[EXCERPTED DATA]
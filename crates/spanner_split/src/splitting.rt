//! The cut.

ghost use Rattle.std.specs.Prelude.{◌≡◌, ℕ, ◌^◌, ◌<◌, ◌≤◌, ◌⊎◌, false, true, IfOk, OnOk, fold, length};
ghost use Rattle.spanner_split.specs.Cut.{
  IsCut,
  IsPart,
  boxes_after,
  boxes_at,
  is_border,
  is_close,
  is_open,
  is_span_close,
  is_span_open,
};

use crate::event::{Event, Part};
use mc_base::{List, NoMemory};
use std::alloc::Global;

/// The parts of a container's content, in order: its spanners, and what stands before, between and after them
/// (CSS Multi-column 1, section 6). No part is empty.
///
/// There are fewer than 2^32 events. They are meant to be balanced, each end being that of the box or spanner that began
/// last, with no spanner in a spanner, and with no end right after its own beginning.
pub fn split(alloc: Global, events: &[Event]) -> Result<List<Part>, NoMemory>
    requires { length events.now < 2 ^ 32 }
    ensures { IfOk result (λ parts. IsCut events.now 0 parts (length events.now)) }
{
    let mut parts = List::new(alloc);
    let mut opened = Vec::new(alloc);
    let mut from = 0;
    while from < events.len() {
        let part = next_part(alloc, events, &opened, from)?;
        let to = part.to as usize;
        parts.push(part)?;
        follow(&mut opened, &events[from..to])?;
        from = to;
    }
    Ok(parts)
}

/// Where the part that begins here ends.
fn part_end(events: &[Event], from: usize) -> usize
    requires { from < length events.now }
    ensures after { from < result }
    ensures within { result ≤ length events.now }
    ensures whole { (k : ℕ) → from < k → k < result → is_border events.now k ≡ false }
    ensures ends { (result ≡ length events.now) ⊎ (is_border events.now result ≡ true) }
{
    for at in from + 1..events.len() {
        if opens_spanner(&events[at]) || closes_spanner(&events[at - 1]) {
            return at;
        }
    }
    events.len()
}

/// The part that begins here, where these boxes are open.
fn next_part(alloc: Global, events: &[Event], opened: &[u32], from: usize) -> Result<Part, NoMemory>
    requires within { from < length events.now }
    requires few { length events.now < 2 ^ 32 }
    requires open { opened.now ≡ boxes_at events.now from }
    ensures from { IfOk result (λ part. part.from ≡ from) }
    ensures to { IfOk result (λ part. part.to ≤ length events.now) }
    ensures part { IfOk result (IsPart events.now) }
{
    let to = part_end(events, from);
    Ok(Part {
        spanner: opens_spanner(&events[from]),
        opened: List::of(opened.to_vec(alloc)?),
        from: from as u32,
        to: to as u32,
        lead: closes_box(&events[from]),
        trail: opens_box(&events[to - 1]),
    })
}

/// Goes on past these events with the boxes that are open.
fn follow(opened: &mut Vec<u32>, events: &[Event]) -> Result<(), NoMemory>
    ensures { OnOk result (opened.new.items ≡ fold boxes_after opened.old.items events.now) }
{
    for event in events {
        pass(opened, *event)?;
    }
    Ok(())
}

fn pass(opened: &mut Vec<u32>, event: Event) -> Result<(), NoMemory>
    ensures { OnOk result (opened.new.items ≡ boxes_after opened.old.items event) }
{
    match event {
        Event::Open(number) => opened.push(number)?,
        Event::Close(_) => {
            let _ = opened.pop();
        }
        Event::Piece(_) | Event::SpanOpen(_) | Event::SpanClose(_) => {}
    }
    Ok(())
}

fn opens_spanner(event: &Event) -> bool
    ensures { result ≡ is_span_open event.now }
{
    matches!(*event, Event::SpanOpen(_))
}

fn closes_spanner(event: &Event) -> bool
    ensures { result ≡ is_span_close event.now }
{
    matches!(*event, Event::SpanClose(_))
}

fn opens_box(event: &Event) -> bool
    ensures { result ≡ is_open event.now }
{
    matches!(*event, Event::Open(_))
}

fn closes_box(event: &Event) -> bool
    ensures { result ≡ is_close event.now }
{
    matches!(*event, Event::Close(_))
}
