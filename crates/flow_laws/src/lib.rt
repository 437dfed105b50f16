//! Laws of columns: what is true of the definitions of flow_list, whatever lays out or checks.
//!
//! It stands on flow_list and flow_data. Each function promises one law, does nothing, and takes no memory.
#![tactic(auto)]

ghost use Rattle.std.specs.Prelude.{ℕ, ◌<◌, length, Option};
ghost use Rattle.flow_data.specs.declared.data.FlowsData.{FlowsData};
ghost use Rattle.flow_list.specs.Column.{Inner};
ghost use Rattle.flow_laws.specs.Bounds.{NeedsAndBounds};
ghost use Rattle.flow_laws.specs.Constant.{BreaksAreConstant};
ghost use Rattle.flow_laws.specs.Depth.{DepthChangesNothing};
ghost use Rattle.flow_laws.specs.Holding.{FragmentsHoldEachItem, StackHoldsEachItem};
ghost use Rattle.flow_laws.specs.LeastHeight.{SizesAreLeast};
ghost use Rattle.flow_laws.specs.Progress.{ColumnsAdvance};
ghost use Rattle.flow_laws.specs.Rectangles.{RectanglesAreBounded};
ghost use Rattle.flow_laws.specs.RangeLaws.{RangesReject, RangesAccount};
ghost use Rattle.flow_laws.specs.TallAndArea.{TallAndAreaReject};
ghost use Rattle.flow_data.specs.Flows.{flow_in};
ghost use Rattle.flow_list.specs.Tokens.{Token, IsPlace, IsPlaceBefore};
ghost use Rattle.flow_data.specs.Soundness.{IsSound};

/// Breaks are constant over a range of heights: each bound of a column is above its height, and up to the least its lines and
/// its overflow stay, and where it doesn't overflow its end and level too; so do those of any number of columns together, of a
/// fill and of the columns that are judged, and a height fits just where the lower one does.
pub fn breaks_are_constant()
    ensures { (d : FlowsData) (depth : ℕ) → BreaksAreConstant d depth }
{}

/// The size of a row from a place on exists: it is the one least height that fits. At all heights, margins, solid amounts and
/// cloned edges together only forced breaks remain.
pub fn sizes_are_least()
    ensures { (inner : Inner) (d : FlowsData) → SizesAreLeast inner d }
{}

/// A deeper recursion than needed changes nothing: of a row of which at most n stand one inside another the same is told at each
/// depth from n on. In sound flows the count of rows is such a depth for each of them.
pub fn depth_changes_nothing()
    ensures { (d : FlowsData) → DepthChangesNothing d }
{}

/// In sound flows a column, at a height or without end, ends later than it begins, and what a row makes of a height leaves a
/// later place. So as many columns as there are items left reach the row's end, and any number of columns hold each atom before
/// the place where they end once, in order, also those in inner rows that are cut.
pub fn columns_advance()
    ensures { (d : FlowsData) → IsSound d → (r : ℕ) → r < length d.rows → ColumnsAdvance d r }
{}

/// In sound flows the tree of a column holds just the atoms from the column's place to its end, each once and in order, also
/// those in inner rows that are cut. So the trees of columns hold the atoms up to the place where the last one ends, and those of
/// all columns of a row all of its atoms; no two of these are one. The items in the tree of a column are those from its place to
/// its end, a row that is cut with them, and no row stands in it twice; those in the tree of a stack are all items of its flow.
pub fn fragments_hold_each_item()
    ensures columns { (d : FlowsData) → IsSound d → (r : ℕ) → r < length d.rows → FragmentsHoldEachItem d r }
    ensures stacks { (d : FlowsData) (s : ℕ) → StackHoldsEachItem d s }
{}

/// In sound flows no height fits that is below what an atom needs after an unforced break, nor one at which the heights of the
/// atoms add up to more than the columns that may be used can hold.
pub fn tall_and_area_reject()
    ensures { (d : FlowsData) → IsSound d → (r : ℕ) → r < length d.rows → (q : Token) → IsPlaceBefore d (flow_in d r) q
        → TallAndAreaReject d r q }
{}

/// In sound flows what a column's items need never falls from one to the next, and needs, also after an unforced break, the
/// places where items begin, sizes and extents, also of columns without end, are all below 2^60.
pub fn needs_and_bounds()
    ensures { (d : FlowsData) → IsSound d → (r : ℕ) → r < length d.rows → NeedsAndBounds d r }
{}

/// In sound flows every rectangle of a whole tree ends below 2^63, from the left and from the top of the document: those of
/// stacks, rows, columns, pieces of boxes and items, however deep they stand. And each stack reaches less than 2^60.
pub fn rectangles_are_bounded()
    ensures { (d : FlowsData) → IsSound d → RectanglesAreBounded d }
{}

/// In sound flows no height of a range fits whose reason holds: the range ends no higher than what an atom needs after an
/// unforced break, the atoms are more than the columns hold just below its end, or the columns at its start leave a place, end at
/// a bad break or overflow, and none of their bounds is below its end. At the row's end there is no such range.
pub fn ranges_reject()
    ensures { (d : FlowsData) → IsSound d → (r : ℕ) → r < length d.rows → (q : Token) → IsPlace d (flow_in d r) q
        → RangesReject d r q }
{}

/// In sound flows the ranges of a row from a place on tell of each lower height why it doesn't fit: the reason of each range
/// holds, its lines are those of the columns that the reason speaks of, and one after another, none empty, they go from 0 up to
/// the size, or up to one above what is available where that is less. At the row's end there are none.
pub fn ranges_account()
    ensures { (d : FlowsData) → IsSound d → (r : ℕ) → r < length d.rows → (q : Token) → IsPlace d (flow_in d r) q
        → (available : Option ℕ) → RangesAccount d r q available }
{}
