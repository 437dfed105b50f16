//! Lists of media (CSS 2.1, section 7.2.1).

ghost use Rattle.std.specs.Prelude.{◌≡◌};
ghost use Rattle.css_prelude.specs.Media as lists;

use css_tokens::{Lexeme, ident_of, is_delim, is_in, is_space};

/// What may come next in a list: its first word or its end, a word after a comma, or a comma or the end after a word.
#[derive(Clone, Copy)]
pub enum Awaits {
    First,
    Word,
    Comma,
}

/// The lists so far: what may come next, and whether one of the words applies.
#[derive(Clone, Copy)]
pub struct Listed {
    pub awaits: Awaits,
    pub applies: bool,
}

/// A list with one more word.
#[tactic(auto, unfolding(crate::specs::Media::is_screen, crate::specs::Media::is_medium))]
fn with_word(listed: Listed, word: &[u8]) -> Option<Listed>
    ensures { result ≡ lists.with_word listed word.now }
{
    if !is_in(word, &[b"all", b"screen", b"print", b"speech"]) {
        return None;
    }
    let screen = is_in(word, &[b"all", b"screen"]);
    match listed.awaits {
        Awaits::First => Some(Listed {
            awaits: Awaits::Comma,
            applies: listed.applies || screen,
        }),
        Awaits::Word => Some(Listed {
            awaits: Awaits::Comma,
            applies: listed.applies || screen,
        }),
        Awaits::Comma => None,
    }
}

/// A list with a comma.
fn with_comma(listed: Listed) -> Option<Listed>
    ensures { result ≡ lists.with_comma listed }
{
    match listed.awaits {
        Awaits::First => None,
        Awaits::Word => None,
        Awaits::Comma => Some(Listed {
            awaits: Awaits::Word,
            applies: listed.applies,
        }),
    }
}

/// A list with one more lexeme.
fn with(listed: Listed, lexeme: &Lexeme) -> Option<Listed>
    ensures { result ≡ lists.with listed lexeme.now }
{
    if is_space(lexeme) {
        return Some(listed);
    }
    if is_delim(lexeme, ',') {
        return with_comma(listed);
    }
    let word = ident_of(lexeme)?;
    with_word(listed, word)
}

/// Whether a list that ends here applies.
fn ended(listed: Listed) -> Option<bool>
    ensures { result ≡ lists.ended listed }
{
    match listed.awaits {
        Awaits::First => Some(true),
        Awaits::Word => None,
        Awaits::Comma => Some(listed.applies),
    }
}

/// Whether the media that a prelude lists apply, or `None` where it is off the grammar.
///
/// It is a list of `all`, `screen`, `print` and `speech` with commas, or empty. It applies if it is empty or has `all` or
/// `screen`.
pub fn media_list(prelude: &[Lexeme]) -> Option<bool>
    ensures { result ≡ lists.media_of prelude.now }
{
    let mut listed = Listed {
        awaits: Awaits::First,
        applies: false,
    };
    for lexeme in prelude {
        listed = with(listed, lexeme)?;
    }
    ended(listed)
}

[PROBLEM]
Your answer should be the lines from the one containing "one more lexeme." through the last line of the records, repeated exactly and with nothing added.

[RESPONSE BOX]
/// A list with one more lexeme.
fn with(listed: Listed, lexeme: &Lexeme) -> Option<Listed>
    ensures { result ≡ lists.with listed lexeme.now }
{
    if is_space(lexeme) {
        return Some(listed);
    }
    if is_delim(lexeme, ',') {
        return with_comma(listed);
    }
    let word = ident_of(lexeme)?;
    with_word(listed, word)
}

/// Whether a list that ends here applies.
fn ended(listed: Listed) -> Option<bool>
    ensures { result ≡ lists.ended listed }
{
    match listed.awaits {
        Awaits::First => Some(true),
        Awaits::Word => None,
        Awaits::Comma => Some(listed.applies),
    }
}

/// Whether the media that a prelude lists apply, or `None` where it is off the grammar.
///
/// It is a list of `all`, `screen`, `print` and `speech` with commas, or empty. It applies if it is empty or has `all` or
/// `screen`.
pub fn media_list(prelude: &[Lexeme]) -> Option<bool>
    ensures { result ≡ lists.media_of prelude.now }
{
    let mut listed = Listed {
        awaits: Awaits::First,
        applies: false,
    };
    for lexeme in prelude {
        listed = with(listed, lexeme)?;
    }
    ended(listed)
}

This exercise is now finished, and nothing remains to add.